Uber, Lyft sign Livable Cities pledge, plan to shape future of urban transit - Curbed
City streets have gotten crowded, and it’s not just due to more cars. Between the race to develop autonomous vehicle technology, the growth in ride-sharing and bikesharing, and the continued refinement of electric vehicles, more companies are competing to shape the future of urban transit.
Earlier today, 15 leading technology and transportation companies announced the Shared Mobility Principles for Livable Cities, a voluntary set of rules and principles meant to help steer the future of transportation towards solutions that address equity, environmental, and social concerns.
The initial signatories—Uber and Lyft, as well as BlaBlaCar, Citymapper, Didi, Keolis, LimeBike, Mobike, Motivate, Ofo, Ola, Scoot Networks, Via, and Zipcar—account for 77 million passenger trips per day and inform the travel decisions of 10 million people each day, according to a statement released by the World Resources Institute, the organization which facilitated the agreement.
The non-binding principles are general ideas. But they suggest a vision of a multimodal, more sustainable solution to urban mobility, especially if companies truly live up to these principles, and collaborated closely with cities to make them a reality.
Principles such as prioritizing people over vehicles, supporting the shared and efficient use of “vehicles, lanes, curbed, and land,” and pushing towards open data and fair user fees would, if followed, fulfill many wishlists for urban transit advocates. The group also pledged to “lead the transition towards a zero-emission future and renewable energy.”

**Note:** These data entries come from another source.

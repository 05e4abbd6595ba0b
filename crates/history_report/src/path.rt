//! A path through columns, as SVG writes it.

ghost use Rattle.std.specs.Prelude.{IfOk, OnOk};
ghost use Rattle.history_report.specs.Html.{IsPath};

use crate::trend::{Column, HEIGHT};
use std::alloc::{AllocError, Global};

/// To which depth a mark goes up from the lower edge.
const MARK: u16 = 950;

/// Appends a number's last digit.
fn put_digit(path: &mut Vec<u8>, number: u16) -> Result<(), AllocError>
    ensures { OnOk result (IsPath path.old.items → IsPath path.new.items) }
{
    Ok(path.push(b'0' + (number % 10) as u8)?)
}

/// Appends the last digit of a number that others follow; nothing of 0.
fn put_leading(path: &mut Vec<u8>, number: u16) -> Result<(), AllocError>
    ensures { OnOk result (IsPath path.old.items → IsPath path.new.items) }
{
    if number > 0 {
        put_digit(path, number)
    } else {
        Ok(())
    }
}

/// Appends a number below 10,000.
fn put_number(path: &mut Vec<u8>, number: u16) -> Result<(), AllocError>
    ensures { OnOk result (IsPath path.old.items → IsPath path.new.items) }
{
    put_leading(path, number / 1000)?;
    put_leading(path, number / 100)?;
    put_leading(path, number / 10)?;
    put_digit(path, number)
}

/// Appends that the pen goes across to a column.
fn put_across(path: &mut Vec<u8>, column: u16) -> Result<(), AllocError>
    ensures { OnOk result (IsPath path.old.items → IsPath path.new.items) }
{
    path.push(b'H')?;
    put_number(path, column)
}

/// Appends that the pen goes from one depth to another.
fn put_along(path: &mut Vec<u8>, from: u16, to: u16) -> Result<(), AllocError>
    ensures { OnOk result (IsPath path.old.items → IsPath path.new.items) }
{
    if from != to {
        path.push(b'V')?;
        put_number(path, to)?;
    }
    Ok(())
}

/// Appends that the pen is put down, where it leaves a dot.
fn put_down(path: &mut Vec<u8>, column: u16, depth: u16) -> Result<(), AllocError>
    ensures { OnOk result (IsPath path.old.items → IsPath path.new.items) }
{
    path.push(b'M')?;
    put_number(path, column)?;
    path.push(b' ')?;
    put_number(path, depth)?;
    put_across(path, column)
}

/// Appends the way to a column's first number: across, where the pen is down at a depth.
fn put_first(
    path: &mut Vec<u8>,
    place: u16,
    column: Column,
    pen: Option<u16>,
) -> Result<(), AllocError>
    ensures { OnOk result (IsPath path.old.items → IsPath path.new.items) }
{
    let Some(depth) = pen else {
        return put_down(path, place, column.first);
    };
    put_across(path, place)?;
    if column.opens {
        put_down(path, place, column.first)
    } else {
        put_along(path, depth, column.first)
    }
}

/// Appends the way through a column's numbers.
fn put_numbers(path: &mut Vec<u8>, column: Column) -> Result<(), AllocError>
    ensures { OnOk result (IsPath path.old.items → IsPath path.new.items) }
{
    put_along(path, column.first, column.low)?;
    put_along(path, column.low, column.high)?;
    put_along(path, column.high, column.last)
}

/// Appends a column that has no number: the pen comes to its gap.
fn put_gap(path: &mut Vec<u8>, place: u16, pen: Option<u16>) -> Result<(), AllocError>
    ensures { OnOk result (IsPath path.old.items → IsPath path.new.items) }
{
    if pen.is_some() {
        put_across(path, place)?;
    }
    Ok(())
}

/// Appends a column, to which the pen comes so.
fn put_column(
    path: &mut Vec<u8>,
    place: u16,
    column: Column,
    pen: Option<u16>,
) -> Result<(), AllocError>
    ensures { OnOk result (IsPath path.old.items → IsPath path.new.items) }
{
    if column.drawn {
        put_first(path, place, column, pen)?;
        put_numbers(path, column)
    } else if column.closes {
        put_gap(path, place, pen)
    } else {
        Ok(())
    }
}

/// At which depth the pen is behind a column, if it is down.
fn pen_behind(column: Column, pen: Option<u16>) -> Option<u16> {
    if column.closes {
        None
    } else if column.drawn {
        Some(column.last)
    } else {
        pen
    }
}

/// Appends the path through columns.
fn put_path(path: &mut Vec<u8>, columns: &[Column]) -> Result<(), AllocError>
    ensures { OnOk result (IsPath path.old.items → IsPath path.new.items) }
{
    let (mut place, mut pen) = (0u16, None);
    for column in columns {
        put_column(path, place, *column, pen)?;
        pen = pen_behind(*column, pen);
        place = place.saturating_add(1);
    }
    Ok(())
}

/// The path through columns.
pub(crate) fn path_of(alloc: Global, columns: &[Column]) -> Result<Vec<u8>, AllocError>
    ensures { IfOk result (λ path. IsPath path.items) }
{
    let mut path = Vec::new(alloc);
    put_path(&mut path, columns)?;
    Ok(path)
}

/// Appends a mark at the lower edge.
fn put_mark(path: &mut Vec<u8>, place: u16) -> Result<(), AllocError>
    ensures { OnOk result (IsPath path.old.items → IsPath path.new.items) }
{
    path.push(b'M')?;
    put_number(path, place)?;
    path.push(b' ')?;
    put_number(path, HEIGHT)?;
    put_along(path, HEIGHT, MARK)
}

/// Appends the mark of a column, where a value of it was corrected.
fn put_marked(path: &mut Vec<u8>, place: u16, column: Column) -> Result<(), AllocError>
    ensures { OnOk result (IsPath path.old.items → IsPath path.new.items) }
{
    if column.corrected {
        put_mark(path, place)
    } else {
        Ok(())
    }
}

/// Appends the marks of columns.
fn put_marks(path: &mut Vec<u8>, columns: &[Column]) -> Result<(), AllocError>
    ensures { OnOk result (IsPath path.old.items → IsPath path.new.items) }
{
    let mut place = 0u16;
    for column in columns {
        put_marked(path, place, *column)?;
        place = place.saturating_add(1);
    }
    Ok(())
}

/// The marks of columns: a short step at the lower edge of each in which a value was corrected.
pub(crate) fn marks_of(alloc: Global, columns: &[Column]) -> Result<Vec<u8>, AllocError>
    ensures { IfOk result (λ path. IsPath path.items) }
{
    let mut path = Vec::new(alloc);
    put_marks(&mut path, columns)?;
    Ok(path)
}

City transit officials would be especially happy if Uber and Lyft, which haven’t been completely forthcoming about sharing transit information, would do more than “aim for public benefits via open data” and truly share data. During a press call yesterday, Lyft Vice President of Government Relations Joe Okpaku said ride-share companies need to figure out how to share data with partners and cities in a way that is “protecting the very legitimate privacy interests of our consumers.”